Unfortunately, we’re bad at making decisions. We have a prejudice for being wrong. Even when we’re offered help and even if the decision is — rationally speaking — obvious, we seem determined to miss the mark. In other words we are, to varying degrees, stupid, and the result is often, to varying degrees, tragic. But not exclusively tragic. Because there is always a chance for comedy.

For example, let’s say we stick with our original choice, as most people tend to do. If it turns out to be wrong, the verdict is pretty cut and dry. We made the wrong choice.
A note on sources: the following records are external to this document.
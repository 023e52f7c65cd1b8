// The header of a European Data Format file: how many of its signals are airflow.
#![tactic(auto)]

ghost use Rattle.std.specs.Prelude.{◌≡◌, ◌≤◌, length, true, false, MatchOption};
ghost use Rattle.fieldset.specs.Numbers.{count, any};
ghost use Rattle.edf.specs.Texts.{dropped, is_flow, is_unclear};
ghost use Rattle.edf.specs.Header.{header_length, unit_text, flows_of, refusal_for};
ghost use Rattle.edf.specs.Answers.{number_values, number_read, signals_read, unit_number, unit_read, header_bytes, header_read};

use panel::Refusal;

// The width of a unit, and of the number of bytes in the header.
const WIDTH: usize = 8;

// Where the number of bytes in the header stands.
const LENGTH_AT: usize = 184;

// Where the number of signals stands.
const COUNT_AT: usize = 252;

// The bytes of a header in front of those of the signals, and the bytes of each signal.
const BLOCK: usize = 256;

// The bytes of each signal in front of the units of all.
const BEFORE_UNITS: usize = 96;

// The greatest number of signals.
const SIGNAL_LIMIT: usize = 254;

// The greatest number of flows.
const FLOW_LIMIT: usize = 32;

// What a unit is: one of airflow, one of these but for letter case, or another.
#[derive(Clone, Copy)]
enum Unit {
    Flow,
    Unclear,
    Other,
}

// A header field, trailing spaces dropped.
fn trimmed(field: &[u8]) -> &[u8]
    ensures { result.now ≡ dropped field.now }
{
    let mut text = field;
    while let [front @ .., b' '] = text {
        text = front;
    }
    text
}

// A plain number: one or more digits, then only spaces.
fn read_number(field: &[u8]) -> Option<usize>
    requires { length field.now ≤ 8 }
    ensures { number_values result ≡ number_read field.now }
{
    let digits = trimmed(field);
    if digits.is_empty() {
        return None;
    }
    let mut n = 0;
    for c in digits {
        if !c.is_ascii_digit() {
            return None;
        }
        n = 10 * n + usize::from(*c - b'0');
    }
    Some(n)
}

// What a unit is.
fn read_unit(field: &[u8]) -> Unit
    ensures { unit_number result ≡ unit_read field.now }
{
    let unit = trimmed(field);
    if unit == b"L/min".as_slice() || unit == b"L/s".as_slice() {
        Unit::Flow
    } else if unit.eq_ignore_ascii_case(b"L/min") || unit.eq_ignore_ascii_case(b"L/s") {
        Unit::Unclear
    } else {
        Unit::Other
    }
}

// How many of n signals are airflow; none where a unit is unclear.
fn read_units(file: &[u8], n: usize) -> Option<usize>
    requires { header_length n ≤ length file.now }
    ensures { MatchOption result (any (λ j. is_unclear (unit_text file.now n j)) n ≡ true)
        (λ k. (any (λ j. is_unclear (unit_text file.now n j)) n ≡ false) × (k ≡ count (λ j. is_flow (unit_text file.now n j)) n)) }
{
    let start = BLOCK + n * BEFORE_UNITS;
    let mut flows = 0;
    for unit in file[start..start + n * WIDTH].chunks_exact(WIDTH) {
        match read_unit(unit) {
            Unit::Flow => flows += 1,
            Unit::Unclear => return None,
            Unit::Other => {}
        }
    }
    Some(flows)
}

// The number of signals; none where the header is refused with BadHeader.
fn signals(file: &[u8]) -> Option<usize>
    ensures { number_values result ≡ signals_read file.now }
{
    if file.len() < BLOCK {
        return None;
    }
    let n = read_number(&file[COUNT_AT..BLOCK])?;
    if !(1..=SIGNAL_LIMIT).contains(&n) {
        return None;
    }
    let length = BLOCK * (n + 1);
    if file.len() < length || read_number(&file[LENGTH_AT..LENGTH_AT + WIDTH]) != Some(length) {
        return None;
    }
    Some(n)
}

// How many signals of a file are airflow, or why it is refused.
// The contract rules out, for instance, a 33rd flow and a unit with a space before it (must-fail: flow_33_taken, leading_spaces_dropped).
pub fn read_header(file: &[u8]) -> Result<u8, Refusal>
    ensures { header_bytes result ≡ header_read (refusal_for file.now) (flows_of file.now) }
{
    let n = signals(file).ok_or(Refusal::BadHeader)?;
    let flows = read_units(file, n).ok_or(Refusal::UnclearUnit)?;
    if !(1..=FLOW_LIMIT).contains(&flows) {
        return Err(Refusal::FlowCount);
    }
    Ok(flows as u8)
}
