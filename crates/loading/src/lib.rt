// Reads a saved text into a sheet.
#![tactic(auto)]

ghost use Rattle.std.specs.Prelude.{◌≡◌};
ghost use Rattle.sheet.specs.Sheets.{Full};
ghost use Rattle.images.specs.Entries.{candidate};
ghost use Rattle.images.specs.Reading.{is_unknown, is_bad, read};
ghost use Rattle.loading.specs.Loaded.{answer_of};

use fitness::is_unfit;
use frames::is_too_long;
use hexadecimal::FRAME_ROOM;
use panel::{Refusal, Reply};
use parsing::read_lines;
use saving::{LONGEST, VERSION, write};
use sheet::Sheet;
use wellformed::is_formed;

// Whether a text begins with the byte 0A and a version that is not known.
fn is_unknown(text: &[u8]) -> bool
    ensures { result ≡ is_unknown text.now }
{
    let mut frame = [0; FRAME_ROOM];
    if text.len() < 4 || hexadecimal::decode(&text[..4], &mut frame).is_err() {
        return false;
    }
    frame[0] == 0x0A && frame[1] != VERSION
}

// Whether a text, whose lines enter the sheet c, is a BadImage: c is not well formed, or its own text is another one.
fn is_bad(text: &[u8], c: &Sheet) -> bool
    requires { (c.now ≡ candidate text.now) × Full c.now }
    ensures { result ≡ is_bad text.now }
{
    if !is_formed(c) {
        return true;
    }
    let mut buffer = [0; LONGEST];
    let n = write(&mut buffer, VERSION, c);
    &buffer[..n] != text
}

// Reads a saved text into the sheet s: 0000 and the sheet of the text, or a refusal and s as it was.
// The contract rules out, for instance, BadImage given before UnknownVersion and a refused reading that leaves values (must-fail:
// bad_image_before_version, values_left_by_unfit).
pub fn load(text: &[u8], s: &mut Sheet) -> Reply
    ensures { answer_of s.new result ≡ read s.old text.now }
{
    if is_too_long(text) {
        return Err(Refusal::TextTooLong);
    }
    if 0 < s.panel.size {
        return Err(Refusal::AlreadyOpen);
    }
    if is_unknown(text) {
        return Err(Refusal::UnknownVersion);
    }
    let c = read_lines(text);
    if is_bad(text, &c) {
        return Err(Refusal::BadImage);
    }
    if is_unfit(&c) {
        return Err(Refusal::Unfit);
    }
    *s = c;
    Ok(0)
}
But if we stick with our original choice and our original choice turns out to be right, we’ve actually still made the wrong decision within the logic of the game. There’s no reason we should have stayed. Our reward is only the result of dumb luck (if that’s the right phrase). We’ve won, but we didn’t deserve it.

In which case, with a few adjustments and clarifications, we could call this universal and intractable phenomenon the Monty Hall Problem of Sin and Grace.

1

Here’s where it’s important to note that the Monty Hall problem is hypothetical: the game wasn’t actually played this way, presumably because it would’ve cost the show too many cars.

2

A sharp insight from Mr. Hall, and a serendipitous opportunity to remind you that the other Mr. Hall — that is, yours truly — will be blogging through The Turn of the Screw in October. Act now to purchase your copy and read along!

3

To crib from The Wire.

4

What remains a mystery is why so many PhDs in the ’90s were reading Parade.